ドイツ映画『犯罪 幸運』 二人の恋人の「法外」の「幸福」 ドーリス・デリエ監督作品
『犯罪「幸運」』
2012年ドイツ映画 原題 „Glück“ (幸運)
監督ドーリス・デリエ、主演アルバ・ローアバハー、ヴィンツェンツ・キーファー
パッケージを見て、ドイツ映画ということで昔レンタルで借りて見た。今回アマゾン・プライムで見返してみた。監督は日本通としても有名なドーリス・デリエ。樹木希林の遺作となった『命短し恋せよ乙女』を撮ったことでも知られる。
原作はフェルディナンド・フォン・シーラッハの小説集『犯罪』中の「幸運」。
シーラッハは弁護士が本業で『犯罪』で作家デビュー。日本でもこれが知られていたため、タイトルに「犯罪」が入ったのかと思われる。

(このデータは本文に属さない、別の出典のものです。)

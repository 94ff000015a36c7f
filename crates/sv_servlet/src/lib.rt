//! Everything that the author of a web application uses: components, exchanges, responses, deployments and the run of
//! an application.
#![tactic(auto)]

mod application;
mod options;

pub use application::{exit_code, run_application};
pub use options::Options;
pub use sv_program::{CommandFault, Detail, FileFault, SocketFault, Unavailable, UnavailableEntry};
pub use sv_web::{
    Application, Attribute, Caller, Config, Deployment, Event, Exchange, ExchangeFault, Fault,
    Field, Filter, Gate, Init, Kind, Listener, Named, NewCookie, NoMemory, Param, RedirectKind,
    SameSite, Servlet, Step, Text, Verb, asked_verb, cookie, escape_html, gate_of, hand_over,
    link_to, redirect, redirect_elsewhere, send, send_html, send_text, set_cookie, step_of,
};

ベルリンに不法滞在する街娼イリーナとホームレスのカッレの恋
イリーナ(アルバ・ローアバハー)は、故郷で両親と羊を飼って幸せに暮らしていた。しかし、内戦が勃発。両親を殺害され、自身も兵士たちにレイプされ、故郷を逃れ、ベルリンへとたどり着く。難民として認定されてはおらず、街娼をして安ホテル暮らしをしている。

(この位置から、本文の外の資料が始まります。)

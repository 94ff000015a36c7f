//! The run of an application.

ghost use Rattle.std.specs.Prelude.{◌≡◌, MatchResult};
ghost use Rattle.std.specs.Process.{exit_status};
ghost use Rattle.sv_program.specs.CommandFault.{status_of};
ghost use Rattle.sv_web.specs.Deployments as spec;

use crate::options::Options;
use std::io;
use std::net::Net;
use std::process::ExitCode;
use std::random::RandomSource;
use std::time::Clock;
use sv_component::{Filter, Listener, Servlet};
use sv_container::{let_go, start};
use sv_lifecycle::Deployment;
use sv_listening::{Seeding, listen_and_run, seed_for};
use sv_program::{CommandFault, report_fault};
use sv_web::deployments_of;

/// Runs an application. Starts its contexts on one port, with session ids from the system's random source, and writes
/// the line `listening ADDRESS:PORT`. Serves any number of connections at once, until the process is ended from outside
/// or a response runs out of memory. Then stops the contexts.
///
/// # Errors
/// The first fault. For each context in order, the fault of its descriptor ([`CommandFault::Descriptor`]), its users
/// ([`CommandFault::Users`]) or its static files ([`CommandFault::Files`]); no component was called then.
/// [`CommandFault::File`] if the system's random source fails. [`CommandFault::Start`] if a component did not start;
/// the components that had started are stopped. [`CommandFault::Socket`], [`CommandFault::Output`] or
/// [`CommandFault::NoMemory`] during the run.
pub fn run_application<R, S: Servlet, F: Filter, L: Listener>(
    rt: &R,
    contexts: Vec<sv_web::Deployment<S, F, L>>,
    options: Options,
) -> Result<(), CommandFault>
where
    R: Net + Clock + RandomSource + Print + AllocGlobal,
    ensures { spec.IsRefusedBy (spec.deployments_of contexts.items) result }
{
    let deployments = match deployments_of(rt.alloc(), contexts) {
        Ok(deployments) => deployments,
        Err(fault) => return Err(fault),
    };
    run_deployments(rt, deployments, options)
}

/// Returns the exit status of an application that ended in this way: 0, or that of its fault
/// ([`CommandFault::status`]). A fault is reported on standard error, in its line and in the one that says why.
pub fn exit_code<R: Eprint>(rt: &R, ended: Result<(), CommandFault>) -> ExitCode
    ensures { MatchResult ended (λ _. exit_status result ≡ 0) (λ fault. exit_status result ≡ status_of fault) }
{
    match ended {
        Ok(()) => ExitCode::SUCCESS,
        Err(fault) => report_fault(rt, &fault, fault.detail(), fault.status()),
    }
}

// Starts the deployments, serves them, and stops them.
fn run_deployments<R, S: Servlet, F: Filter, L: Listener>(
    rt: &R,
    deployments: Vec<Deployment<S, F, L>>,
    options: Options,
) -> Result<(), CommandFault>
where
    R: Net + Clock + RandomSource + Print + AllocGlobal,
{
    let alloc = rt.alloc();
    let seed = match seed_for(alloc, rt, Seeding::Fresh, &[0; 32]) {
        Ok(seed) => seed,
        Err(fault) => {
            let_go(deployments);
            return Err(fault);
        }
    };
    let container = start(alloc, deployments, &seed)?;
    let mut writer = io::writer(rt);
    let (served, container) = listen_and_run(alloc, rt, &mut writer, options.address, container);
    container.shutdown().let_go();
    served
}
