//! The address of an application.

ghost use Rattle.std.specs.Prelude.{IfSome, MatchOption};
ghost use Rattle.sv_servlet.specs.Options.{IsAtPort, IsOfThisMachine, NamesPort, port_named};

use std::env;
use std::net::{IpAddr, Ipv4Addr, SocketAddr};
use std::rt::Env;

/// The options of an application's run.
#[derive(Clone, Copy)]
pub struct Options {
    /// The address and the port, where port 0 is any free port.
    pub address: SocketAddr,
}

impl Options {
    /// Returns the options for this port of 127.0.0.1, where 0 is any free port.
    pub fn at_port(port: u16) -> Options
        ensures { IsAtPort port result }
    {
        Options {
            address: SocketAddr::new(IpAddr::V4(Ipv4Addr::LOCALHOST), port),
        }
    }

    /// Returns the options for the port of 127.0.0.1 that the program's only argument names, where 0 is any free port.
    /// Returns none if the argument names no port, or if there is not exactly one argument.
    pub fn of_arguments<R: Env + AllocGlobal>(rt: &R) -> Option<Options>
        ensures { IfSome result IsOfThisMachine }
    {
        let mut arguments = env::args(rt).ok()?.skip(1);
        let first = arguments.next()?;
        match arguments.next() {
            Some(_) => None,
            None => of_text(first.as_str()),
        }
    }
}

// Returns the options for the port that a text names.
fn of_text(text: &str) -> Option<Options>
    ensures { MatchOption result (¬ NamesPort text.now) (IsAtPort (port_named text.now)) }
{
    Some(Options::at_port(text.parse::<u16>().ok()?))
}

ある日、路上で犬を連れたホームレスの若者カッレ(ヴィンセンツ・キーファー)と声を交わし、次第に二人は惹かれ合います。イリーナがおそらく街娼仲間のツテで、住居兼仕事場を借りて、二人は一緒に暮らし出す。社会の外部へとはじき出された二人が、幸せを得たと思ったそのときに・・・というのが3分の2くらいまでのあらすじ。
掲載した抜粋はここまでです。